A decisão judicial foi proferida no contexto de uma Ação Civil Pública movida pelo Ministério Público Federal (MPF) contra a diocese de Estância, além da União, do Estado de Sergipe, do município de Estância, do Ibama e da Administração Estadual do Meio Ambiente (Adema). Segundo a Justiça Federal em Sergipe, “entre os pedidos formulados estava a demolição integral do imóvel, caso não houvesse tombamento, em razão do avanço do mar e dos danos ambientais alegados”.
Em vídeo divulgado no domingo pela diocese e pela prefeitura de Estância, o bispo José Genivaldo Garcia destacou o “valor histórico”, “cultural e, sobretudo um valor religioso” da igreja, afirmando que foi “construída a 400 anos atrás”. Após a manifestação popular, o bispo celebrou uma missa no local.
Apesar disso, a Justiça Federal esclareceu que “conforme a sentença, a capela não é tombada pela União, pelo Estado de Sergipe ou pelo Município de Estância”.
A JFSE também informou que “as partes não trouxeram elementos suficientes para afirmar que a capela remonte ao século XVI” e que “os registros documentais mais antigos apresentados são da década de 1970”.
“Embora não tenha ficado comprovado o alegado valor histórico da capela”, afirmou a Justiça Federal, “a sentença determinou sua preservação em razão de seu valor cultural para a população sergipana e do risco de destruição pelo avanço do mar e pela erosão costeira”.
Segundo a Justiça, a área onde a capela está localizada enfrenta um processo intenso de erosão e avanço marítimo, com impactos como destruição de imóveis e comprometimento da faixa de areia. A JFSE ressaltou ainda que “enrocamentos, muros, concretagem e outras barreiras físicas, além de não resolverem o problema, agravam a dinâmica erosiva e degradam ainda mais a praia”.
Diante da “gravidade do processo erosivo do local”, a Justiça afirmou que “o reforço dos enrocamentos e das barreiras de concreto foi descartado por ser tecnicamente ineficiente na Praia do Saco”.
No que se refere à capela, a sentença estabelece que sua preservação deverá ocorrer por meio de um procedimento técnico que inclua o registro detalhado de suas características atuais, seguido da desmontagem especializada e reconstrução em outro ponto da Praia do Saco, a ser definido pelo Estado de Sergipe e pelo município de Estância, garantindo a máxima fidelidade às características originais.

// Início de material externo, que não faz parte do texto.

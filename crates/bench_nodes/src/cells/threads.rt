//! Two and four threads, on one cell and on a cell each.
ghost use Rattle.std.specs.Prelude.{◌≡◌, ◌+◌, ◌<◌};
ghost use Rattle.std.specs.Thread.{IsSync};
ghost use Rattle.thp_cell.specs.Prelude.{HasCaller, HasAll, continuing};

use crate::cells::rounds::{Tally, cell_rounds, own_rounds};
use std::alloc::Global;
use std::thread::{self, Threads};
use thp_cell::{NodeCell, Pass};

/// A thread for each caller of a pass that has all callers of a cell: one, two or four.
pub(crate) fn all_on_one<R: Threads + Sync>(
    rt: &R,
    cell: &NodeCell,
    pass: Pass,
    rounds: u32,
) -> (Pass, Tally)
    requires cell { pass.cell ≡ cell.now }
    requires all { HasAll pass }
{
    let (_, threads) = pass.callers();
    match threads {
        2 => two_on_one(rt, cell, pass, rounds),
        4 => four_on_one(rt, cell, pass, rounds),
        _ => cell_rounds(cell, pass, 0, rounds),
    }
}

// Two threads on one cell.
fn two_on_one<R: Threads + Sync>(rt: &R, cell: &NodeCell, pass: Pass, rounds: u32) -> (Pass, Tally)
    requires cell { pass.cell ≡ cell.now }
    requires callers { pass.callers ≡ 2 }
    requires all { HasAll pass }
{
    let (left, right) = cell.split(pass, 1);
    let ((left, one), (right, two)) = pair(rt, cell, left, right, 0, rounds);
    (cell.join(left, right), one.with(two))
}

// Four threads on one cell.
fn four_on_one<R: Threads + Sync>(rt: &R, cell: &NodeCell, pass: Pass, rounds: u32) -> (Pass, Tally)
    requires cell { pass.cell ≡ cell.now }
    requires callers { pass.callers ≡ 4 }
    requires all { HasAll pass }
{
    let (low, high) = cell.split(pass, 2);
    let (a, b) = cell.split(low, 1);
    let (c, d) = cell.split(high, 3);
    let (((a, one), (b, two)), ((c, three), (d, four))) = thread::join(
        rt,
        move || -> ((Pass, Tally), (Pass, Tally))
            requires { IsSync R.row × (a.cell ≡ cell.now) × (b.cell ≡ cell.now) × HasCaller a 0 × HasCaller b 1 }
            ensures { (result.0.0 ≡ continuing a result.0.0) × (result.1.0 ≡ continuing b result.1.0) }
        { pair(rt, cell, a, b, 0, rounds) },
        move || -> ((Pass, Tally), (Pass, Tally))
            requires { IsSync R.row × (c.cell ≡ cell.now) × (d.cell ≡ cell.now) × HasCaller c 2 × HasCaller d 3 }
            ensures { (result.0.0 ≡ continuing c result.0.0) × (result.1.0 ≡ continuing d result.1.0) }
        { pair(rt, cell, c, d, 2, rounds) },
    );
    let low = cell.join(a, b);
    let high = cell.join(c, d);
    (cell.join(low, high), one.with(two).with(three.with(four)))
}

// Two threads, with two adjacent callers.
fn pair<R: Threads + Sync>(
    rt: &R,
    cell: &NodeCell,
    left: Pass,
    right: Pass,
    caller: u32,
    rounds: u32,
) -> ((Pass, Tally), (Pass, Tally))
    requires few { caller < 63 }
    requires left_cell { left.cell ≡ cell.now }
    requires right_cell { right.cell ≡ cell.now }
    requires left { HasCaller left caller }
    requires right { HasCaller right (caller + 1) }
    ensures left { result.0.0 ≡ continuing left result.0.0 }
    ensures right { result.1.0 ≡ continuing right result.1.0 }
{
    let next = caller + 1;
    thread::join(
        rt,
        move || cell_rounds(cell, left, caller, rounds),
        move || cell_rounds(cell, right, next, rounds),
    )
}

/// Two threads with a cell each.
pub(crate) fn two_apart<R: Threads + Sync>(rt: &R, alloc: Global, rounds: u32) -> Tally {
    let (one, two) = thread::join(
        rt,
        move || own_rounds(alloc, rounds),
        move || own_rounds(alloc, rounds),
    );
    one.with(two)
}

/// Four threads with a cell each.
pub(crate) fn four_apart<R: Threads + Sync>(rt: &R, alloc: Global, rounds: u32) -> Tally {
    let (one, two) = thread::join(
        rt,
        move || two_apart(rt, alloc, rounds),
        move || two_apart(rt, alloc, rounds),
    );
    one.with(two)
}
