//! Rounds of one thread: pins and unpins of its own page.
ghost use Rattle.std.specs.Prelude.{◌≡◌};
ghost use Rattle.thp_cell.specs.Prelude.{HasCaller, continuing};

use crate::nodes::{new_cell, new_node};
use std::alloc::Global;
use thp_cell::{CellFault, NodeCell, Pass};
use thp_history::PageId;
use thp_node::Node;

/// The numbers of successful calls, and of calls that found the node busy.
#[derive(Clone, Copy)]
pub(crate) struct Tally {
    pub done: u64,
    pub busy: u64,
}

impl Tally {
    pub(crate) fn none() -> Tally {
        Tally { done: 0, busy: 0 }
    }

    pub(crate) fn with(self, other: Tally) -> Tally {
        Tally {
            done: self.done.saturating_add(other.done),
            busy: self.busy.saturating_add(other.busy),
        }
    }

    fn note<T: Drop>(&mut self, answer: Result<T, CellFault>) {
        match answer {
            Ok(_) => self.done = self.done.saturating_add(1),
            Err(CellFault::Busy) => self.busy = self.busy.saturating_add(1),
            Err(CellFault::Refused(_)) => {}
        }
    }
}

/// Rounds on a bare node.
pub(crate) fn bare_rounds(alloc: Global, rounds: u32) -> Option<Tally> {
    let mut node = new_node(alloc)?;
    let tally = rounds_on(&mut node, rounds);
    drop(node);
    tally
}

// Allocates a page of a bare node and makes the rounds on it; none if it can't be allocated.
fn rounds_on(node: &mut Node, rounds: u32) -> Option<Tally> {
    let mut done = 0u64;
    if let Err(_) = node.alloc_page(0) {
        return None;
    }
    for _round in 0..rounds {
        done = done.saturating_add(u64::from(node.pin(0, PageId(0)).is_ok()));
        done = done.saturating_add(u64::from(node.unpin(0, PageId(0)).is_ok()));
    }
    Some(Tally { done, busy: 0 })
}

/// Rounds of one caller of a cell.
pub(crate) fn cell_rounds(cell: &NodeCell, pass: Pass, caller: u32, rounds: u32) -> (Pass, Tally)
    requires cell { pass.cell ≡ cell.now }
    requires caller { HasCaller pass caller }
    ensures same { result.0 ≡ continuing pass result.0 }
{
    let mut pass = pass;
    let mut tally = Tally::none();
    let page = PageId(u64::from(caller));
    for _round in 0..rounds {
        tally.note(cell.pin(&mut pass, caller, page));
        tally.note(cell.unpin(&mut pass, caller, page));
    }
    (pass, tally)
}

/// Rounds on a cell of the thread's own; none if memory can't be allocated.
pub(crate) fn own_rounds(alloc: Global, rounds: u32) -> Tally {
    match new_cell(alloc, 1) {
        Some((cell, pass)) => {
            let (_pass, tally) = cell_rounds(&cell, pass, 0, rounds);
            tally
        }
        None => Tally::none(),
    }
}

A Justiça Federal também mencionou uma reforma recente realizada no templo. Conforme destacado na sentença, “a capela já esteve fechada em razão de problemas estruturais ocasionados pela erosão”, sendo a retomada das atividades religiosas autorizada após avaliação da Defesa Civil.
Entretanto, o órgão judicial ressaltou que “as partes foram previamente advertidas de que nem a reforma nem a retomada do funcionamento significavam reconhecimento do direito de permanência no local”.